### ABOUT THIS TASK
Starting at the line that contains "assert_eq!(rt; gather(&work, rows, &mut", return every line down to the end of the records below, exactly as written.

### EXERCISE MATERIALS
□ □ □ □
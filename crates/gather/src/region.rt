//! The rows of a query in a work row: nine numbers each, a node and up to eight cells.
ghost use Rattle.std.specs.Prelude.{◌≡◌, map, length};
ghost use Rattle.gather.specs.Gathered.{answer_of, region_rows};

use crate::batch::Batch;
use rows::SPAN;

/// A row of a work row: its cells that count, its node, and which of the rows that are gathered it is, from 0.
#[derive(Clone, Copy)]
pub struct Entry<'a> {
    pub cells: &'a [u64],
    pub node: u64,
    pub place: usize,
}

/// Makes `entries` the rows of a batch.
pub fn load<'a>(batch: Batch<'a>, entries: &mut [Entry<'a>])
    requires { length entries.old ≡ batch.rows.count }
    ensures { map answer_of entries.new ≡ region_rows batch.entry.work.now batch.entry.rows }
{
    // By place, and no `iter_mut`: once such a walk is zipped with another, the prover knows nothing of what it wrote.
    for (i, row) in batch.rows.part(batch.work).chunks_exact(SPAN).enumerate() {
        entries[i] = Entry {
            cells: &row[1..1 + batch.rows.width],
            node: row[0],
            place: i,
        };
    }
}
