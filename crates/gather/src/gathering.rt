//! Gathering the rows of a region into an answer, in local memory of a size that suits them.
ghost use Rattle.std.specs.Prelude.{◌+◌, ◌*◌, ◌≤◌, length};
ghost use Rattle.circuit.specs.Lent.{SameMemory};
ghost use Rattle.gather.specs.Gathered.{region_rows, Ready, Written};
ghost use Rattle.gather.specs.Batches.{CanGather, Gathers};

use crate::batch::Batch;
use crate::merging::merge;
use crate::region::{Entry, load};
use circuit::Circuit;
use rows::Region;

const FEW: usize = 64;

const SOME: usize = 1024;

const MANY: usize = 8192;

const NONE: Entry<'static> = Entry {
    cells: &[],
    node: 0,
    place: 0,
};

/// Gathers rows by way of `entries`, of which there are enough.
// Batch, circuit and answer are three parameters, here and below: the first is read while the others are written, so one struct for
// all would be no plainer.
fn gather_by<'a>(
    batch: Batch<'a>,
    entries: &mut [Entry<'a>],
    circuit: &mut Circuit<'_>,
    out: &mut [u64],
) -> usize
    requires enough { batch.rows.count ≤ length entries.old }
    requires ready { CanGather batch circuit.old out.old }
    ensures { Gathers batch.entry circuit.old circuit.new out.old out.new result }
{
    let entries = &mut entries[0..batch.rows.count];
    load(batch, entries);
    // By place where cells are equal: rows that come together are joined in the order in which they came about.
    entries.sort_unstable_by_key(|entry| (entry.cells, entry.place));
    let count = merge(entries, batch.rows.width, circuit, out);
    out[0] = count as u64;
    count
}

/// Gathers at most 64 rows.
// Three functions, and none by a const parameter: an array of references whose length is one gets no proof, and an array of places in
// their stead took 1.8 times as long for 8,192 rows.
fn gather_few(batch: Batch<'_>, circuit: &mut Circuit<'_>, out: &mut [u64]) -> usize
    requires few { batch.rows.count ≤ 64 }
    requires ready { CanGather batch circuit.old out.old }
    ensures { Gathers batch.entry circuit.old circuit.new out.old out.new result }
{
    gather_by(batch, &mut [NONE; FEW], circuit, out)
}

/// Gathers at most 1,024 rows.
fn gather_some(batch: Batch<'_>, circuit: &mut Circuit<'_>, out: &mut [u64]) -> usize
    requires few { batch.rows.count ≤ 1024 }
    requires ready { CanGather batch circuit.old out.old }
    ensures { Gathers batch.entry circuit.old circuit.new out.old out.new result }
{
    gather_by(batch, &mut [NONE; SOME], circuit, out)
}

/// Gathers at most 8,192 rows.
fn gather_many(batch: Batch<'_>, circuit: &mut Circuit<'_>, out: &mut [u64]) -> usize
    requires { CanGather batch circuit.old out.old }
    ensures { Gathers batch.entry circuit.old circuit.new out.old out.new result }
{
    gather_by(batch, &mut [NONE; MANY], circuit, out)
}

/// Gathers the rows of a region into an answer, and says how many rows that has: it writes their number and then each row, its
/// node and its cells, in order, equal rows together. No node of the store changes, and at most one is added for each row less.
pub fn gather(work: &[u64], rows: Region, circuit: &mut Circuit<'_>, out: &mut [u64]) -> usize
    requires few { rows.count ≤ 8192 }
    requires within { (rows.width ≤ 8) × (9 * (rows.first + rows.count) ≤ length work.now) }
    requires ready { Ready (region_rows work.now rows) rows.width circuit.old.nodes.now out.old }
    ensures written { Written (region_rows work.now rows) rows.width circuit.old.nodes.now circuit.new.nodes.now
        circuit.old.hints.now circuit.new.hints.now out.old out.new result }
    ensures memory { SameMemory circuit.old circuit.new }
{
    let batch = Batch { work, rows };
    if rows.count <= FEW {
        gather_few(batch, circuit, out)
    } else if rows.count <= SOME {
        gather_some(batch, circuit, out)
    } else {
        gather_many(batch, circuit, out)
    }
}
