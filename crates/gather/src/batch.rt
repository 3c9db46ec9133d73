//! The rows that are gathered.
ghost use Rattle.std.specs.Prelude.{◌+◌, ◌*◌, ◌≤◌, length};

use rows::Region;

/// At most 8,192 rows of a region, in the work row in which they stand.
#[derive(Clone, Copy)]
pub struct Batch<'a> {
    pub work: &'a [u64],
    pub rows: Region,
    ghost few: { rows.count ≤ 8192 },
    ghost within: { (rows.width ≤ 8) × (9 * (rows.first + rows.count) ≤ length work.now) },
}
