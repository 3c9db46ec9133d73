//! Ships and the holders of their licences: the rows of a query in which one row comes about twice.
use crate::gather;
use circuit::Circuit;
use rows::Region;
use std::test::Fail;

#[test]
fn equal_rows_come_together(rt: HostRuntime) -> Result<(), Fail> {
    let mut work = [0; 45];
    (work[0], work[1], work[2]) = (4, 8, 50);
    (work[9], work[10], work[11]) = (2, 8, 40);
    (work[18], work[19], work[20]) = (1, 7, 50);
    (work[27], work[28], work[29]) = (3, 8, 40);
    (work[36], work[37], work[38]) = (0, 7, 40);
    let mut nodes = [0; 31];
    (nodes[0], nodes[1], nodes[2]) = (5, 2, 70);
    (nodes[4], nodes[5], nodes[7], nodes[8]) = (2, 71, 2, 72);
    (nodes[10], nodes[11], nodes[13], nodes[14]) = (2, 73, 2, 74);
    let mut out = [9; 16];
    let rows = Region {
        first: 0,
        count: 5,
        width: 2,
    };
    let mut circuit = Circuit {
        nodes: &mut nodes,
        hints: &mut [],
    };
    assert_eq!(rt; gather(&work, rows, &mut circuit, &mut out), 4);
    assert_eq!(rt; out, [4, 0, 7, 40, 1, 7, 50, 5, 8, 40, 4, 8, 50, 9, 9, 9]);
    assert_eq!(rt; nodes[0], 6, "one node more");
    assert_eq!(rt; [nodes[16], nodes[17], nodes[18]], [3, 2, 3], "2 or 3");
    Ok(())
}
□ □ □ □
### WRITTEN SOLUTION
    assert_eq!(rt; gather(&work, rows, &mut circuit, &mut out), 4);
    assert_eq!(rt; out, [4, 0, 7, 40, 1, 7, 50, 5, 8, 40, 4, 8, 50, 9, 9, 9]);
    assert_eq!(rt; nodes[0], 6, "one node more");
    assert_eq!(rt; [nodes[16], nodes[17], nodes[18]], [3, 2, 3], "2 or 3");
    Ok(())
}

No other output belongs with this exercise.